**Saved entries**
***

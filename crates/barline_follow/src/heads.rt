/// For each number of chords that leave the last bar, 0 to 4, the least cost of trees of the bars up to there; none where no trees fit.
#[derive(Clone, Copy, Debug, PartialEq, Eq)]
pub struct Heads {
    pub costs: [Option<u64>; 5],
}
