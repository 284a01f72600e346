ghost use Rattle.barline_follow.specs.Costs as costs;
ghost use Rattle.std.specs.Prelude.{◌≡◌, ◌<◌, ◌≤◌, ◌^◌, ℕ, All, Some, length};

use crate::heads::Heads;
use least_cost::BarCosts;

/// The lower of two costs, where there are any.
fn lower(one: Option<u64>, other: Option<u64>) -> Option<u64>
    ensures { result ≡ costs.lower one other }
{
    match (one, other) {
        (Some(a), Some(b)) => Some(a.min(b)),
        (Some(a), None) => Some(a),
        (None, b) => b,
    }
}

/// The sum of two costs, where both are there.
fn sum(one: Option<u64>, other: Option<u64>) -> Option<u64>
    requires left { (c : ℕ) → one ≡ Some c → c < 2 ^ 63 }
    requires right { (c : ℕ) → other ≡ Some c → c < 2 ^ 63 }
    ensures { result ≡ costs.sum one other }
{
    match (one, other) {
        (Some(a), Some(b)) => Some(a + b),
        _ => None,
    }
}

/// The least cost with a bar more, where so many chords leave it.
fn least_to(heads: &Heads, bar: &BarCosts, to: usize) -> Option<u64>
    requires few { to < 5 }
    requires low { costs.AreLowHeads heads.now }
    requires low_bar { costs.AreLowCosts bar.now.costs }
    ensures { result ≡ costs.least_of_five (λ from. costs.sum (costs.head_cost_at heads.now.costs from) (costs.bar_cost_at bar.now.costs from to)) }
{
    let mut least = None;
    'counts: for from in 0..5usize {
        let own = sum(heads.costs[from], bar.costs[from][to]);
        least = lower(least, own);
    }
    least
}

/// The numbers of chords that may enter a bar after these costs.
pub fn asked_after(heads: &Heads) -> [bool; 5]
    ensures { result ≡ costs.asked_after heads.now.costs }
{
    let costs = &heads.costs;
    [
        costs[0].is_some(),
        costs[1].is_some(),
        costs[2].is_some(),
        costs[3].is_some(),
        costs[4].is_some(),
    ]
}

/// The costs with a bar of these costs more.
pub fn with_bar(heads: &Heads, bar: &BarCosts) -> Heads
    requires low { costs.AreLowHeads heads.now }
    requires low_bar { costs.AreLowCosts bar.now.costs }
    ensures { result.costs ≡ costs.costs_with_bar heads.now.costs bar.now.costs }
{
    let first = least_to(heads, bar, 0);
    let second = least_to(heads, bar, 1);
    let third = least_to(heads, bar, 2);
    let fourth = least_to(heads, bar, 3);
    let fifth = least_to(heads, bar, 4);
    Heads {
        costs: [first, second, third, fourth, fifth],
    }
}

/// The least of the costs.
fn least_of(heads: &Heads) -> Option<u64>
    ensures { result ≡ costs.least_of_five (costs.head_cost_at heads.now.costs) }
{
    let mut least = None;
    'counts: for count in 0..5usize {
        least = lower(least, heads.costs[count]);
    }
    least
}

/// What a voice costs: in a closed list where no chord leaves, and else the least.
fn own_cost(is_closed: bool, heads: &Heads) -> Option<u64>
    ensures { result ≡ costs.own_cost is_closed heads.now }
{
    if is_closed {
        heads.costs[0]
    } else {
        least_of(heads)
    }
}

/// What the voices cost together, where each has a cost.
pub fn total(is_closed: bool, voices: &[Heads]) -> Option<u64>
    requires few { length voices.now ≤ 16 }
    requires low { All costs.AreLowHeads voices.now }
    ensures value { result ≡ costs.total is_closed voices.now }
    ensures low { (c : ℕ) → result ≡ Some c → c ≤ 2 ^ 56 }
{
    let mut sum: u64 = 0;
    'voices: for heads in voices {
        sum += own_cost(is_closed, heads)?;
    }
    Some(sum)
}
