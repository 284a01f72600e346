ghost use Rattle.barline_follow.specs.NextBars.{AreTriedOffers, IsNextBar, IsCourseOf};
ghost use Rattle.rhythm_base.specs.Lists.{Each};
ghost use Rattle.std.specs.Prelude.{All, IfOk, map};

use crate::barring::Course;
use crate::next_bar::NextBar;
use crate::offers::{Offer, offers};
use rhythm_base::LATEST_TICK;
use std::alloc::{AllocError, Global};

/// What is tried of a list: those bars of its offers that can be.
fn tried_of(alloc: Global, next: &NextBar, course: &Course) -> Result<Vec<Offer>, AllocError>
    requires next { IsNextBar next.now }
    requires course { IsCourseOf next.now next.now.number course.now }
    ensures { IfOk result (λ v. AreTriedOffers next.now course.now v.items) }
{
    let before = course.barring().last_length();
    let mut offers = offers(alloc, next.grammar, next.performance, next.number, before)?;
    let is_rooted = next.is_rooted;
    let most = LATEST_TICK - course.barring().end();
    offers.retain(|offer| is_rooted && offer.ticks <= most);
    Ok(offers)
}

/// What is tried of each list of a front.
pub fn front_tried(
    alloc: Global,
    next: &NextBar,
    front: &[Course],
) -> Result<Vec<Vec<Offer>>, AllocError>
    requires next { IsNextBar next.now }
    requires front { All (IsCourseOf next.now next.now.number) front.now }
    ensures { IfOk result (λ v. Each (AreTriedOffers next.now) front.now (map (λ own. own.items) v.items)) }
{
    let mut all = Vec::with_capacity(alloc, front.len())?;
    'lists: for course in front {
        all.push(tried_of(alloc, next, course)?)?;
    }
    Ok(all)
}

***

**What to work on**
From the first line down to the last, give the records again exactly.

**Solution for this problem**
filename crates/barline_follow/src/heads.rt
/// For each number of chords that leave the last bar, 0 to 4, the least cost of trees of the bars up to there; none where no trees fit.
#[derive(Clone, Copy, Debug, PartialEq, Eq)]
pub struct Heads {
    pub costs: [Option<u64>; 5],
}
repository 284a01f72600e346
ghost use Rattle.barline_follow.specs.Costs as costs;
ghost use Rattle.std.specs.Prelude.{◌≡◌, ◌<◌, ◌≤◌, ◌^◌, ℕ, All, Some, length};

use crate::heads::Heads;
use least_cost::BarCosts;

/// The lower of two costs, where there are any.
fn lower(one: Option<u64>, other: Option<u64>) -> Option<u64>
    ensures { result ≡ costs.lower one other }
{
    match (one, other) {
        (Some(a), Some(b)) => Some(a.min(b)),
        (Some(a), None) => Some(a),
        (None, b) => b,
    }
}

/// The sum of two costs, where both are there.
fn sum(one: Option<u64>, other: Option<u64>) -> Option<u64>
    requires left { (c : ℕ) → one ≡ Some c → c < 2 ^ 63 }
    requires right { (c : ℕ) → other ≡ Some c → c < 2 ^ 63 }
    ensures { result ≡ costs.sum one other }
{
    match (one, other) {
        (Some(a), Some(b)) => Some(a + b),
        _ => None,
    }
}

/// The least cost with a bar more, where so many chords leave it.
fn least_to(heads: &Heads, bar: &BarCosts, to: usize) -> Option<u64>
    requires few { to < 5 }
    requires low { costs.AreLowHeads heads.now }
    requires low_bar { costs.AreLowCosts bar.now.costs }
    ensures { result ≡ costs.least_of_five (λ from. costs.sum (costs.head_cost_at heads.now.costs from) (costs.bar_cost_at bar.now.costs from to)) }
{
    let mut least = None;
    'counts: for from in 0..5usize {
        let own = sum(heads.costs[from], bar.costs[from][to]);
        least = lower(least, own);
    }
    least
}

/// The numbers of chords that may enter a bar after these costs.
pub fn asked_after(heads: &Heads) -> [bool; 5]
    ensures { result ≡ costs.asked_after heads.now.costs }
{
    let costs = &heads.costs;
    [
        costs[0].is_some(),
        costs[1].is_some(),
        costs[2].is_some(),
        costs[3].is_some(),
        costs[4].is_some(),
    ]
}

/// The costs with a bar of these costs more.
pub fn with_bar(heads: &Heads, bar: &BarCosts) -> Heads
    requires low { costs.AreLowHeads heads.now }
    requires low_bar { costs.AreLowCosts bar.now.costs }
    ensures { result.costs ≡ costs.costs_with_bar heads.now.costs bar.now.costs }
{
    let first = least_to(heads, bar, 0);
    let second = least_to(heads, bar, 1);
    let third = least_to(heads, bar, 2);
    let fourth = least_to(heads, bar, 3);
    let fifth = least_to(heads, bar, 4);
    Heads {
        costs: [first, second, third, fourth, fifth],
    }
}

/// The least of the costs.
fn least_of(heads: &Heads) -> Option<u64>
    ensures { result ≡ costs.least_of_five (costs.head_cost_at heads.now.costs) }
{
    let mut least = None;
    'counts: for count in 0..5usize {
        least = lower(least, heads.costs[count]);
    }
    least
}

/// What a voice costs: in a closed list where no chord leaves, and else the least.
fn own_cost(is_closed: bool, heads: &Heads) -> Option<u64>
    ensures { result ≡ costs.own_cost is_closed heads.now }
{
    if is_closed {
        heads.costs[0]
    } else {
        least_of(heads)
    }
}

/// What the voices cost together, where each has a cost.
pub fn total(is_closed: bool, voices: &[Heads]) -> Option<u64>
    requires few { length voices.now ≤ 16 }
    requires low { All costs.AreLowHeads voices.now }
    ensures value { result ≡ costs.total is_closed voices.now }
    ensures low { (c : ℕ) → result ≡ Some c → c ≤ 2 ^ 56 }
{
    let mut sum: u64 = 0;
    'voices: for heads in voices {
        sum += own_cost(is_closed, heads)?;
    }
    Some(sum)
}
repository 284a01f72600e346
ghost use Rattle.barline_follow.specs.NextBars.{AreTriedOffers, IsNextBar, IsCourseOf};
ghost use Rattle.rhythm_base.specs.Lists.{Each};
ghost use Rattle.std.specs.Prelude.{All, IfOk, map};

use crate::barring::Course;
use crate::next_bar::NextBar;
use crate::offers::{Offer, offers};
use rhythm_base::LATEST_TICK;
use std::alloc::{AllocError, Global};

/// What is tried of a list: those bars of its offers that can be.
fn tried_of(alloc: Global, next: &NextBar, course: &Course) -> Result<Vec<Offer>, AllocError>
    requires next { IsNextBar next.now }
    requires course { IsCourseOf next.now next.now.number course.now }
    ensures { IfOk result (λ v. AreTriedOffers next.now course.now v.items) }
{
    let before = course.barring().last_length();
    let mut offers = offers(alloc, next.grammar, next.performance, next.number, before)?;
    let is_rooted = next.is_rooted;
    let most = LATEST_TICK - course.barring().end();
    offers.retain(|offer| is_rooted && offer.ticks <= most);
    Ok(offers)
}

/// What is tried of each list of a front.
pub fn front_tried(
    alloc: Global,
    next: &NextBar,
    front: &[Course],
) -> Result<Vec<Vec<Offer>>, AllocError>
    requires next { IsNextBar next.now }
    requires front { All (IsCourseOf next.now next.now.number) front.now }
    ensures { IfOk result (λ v. Each (AreTriedOffers next.now) front.now (map (λ own. own.items) v.items)) }
{
    let mut all = Vec::with_capacity(alloc, front.len())?;
    'lists: for course in front {
        all.push(tried_of(alloc, next, course)?)?;
    }
    Ok(all)
}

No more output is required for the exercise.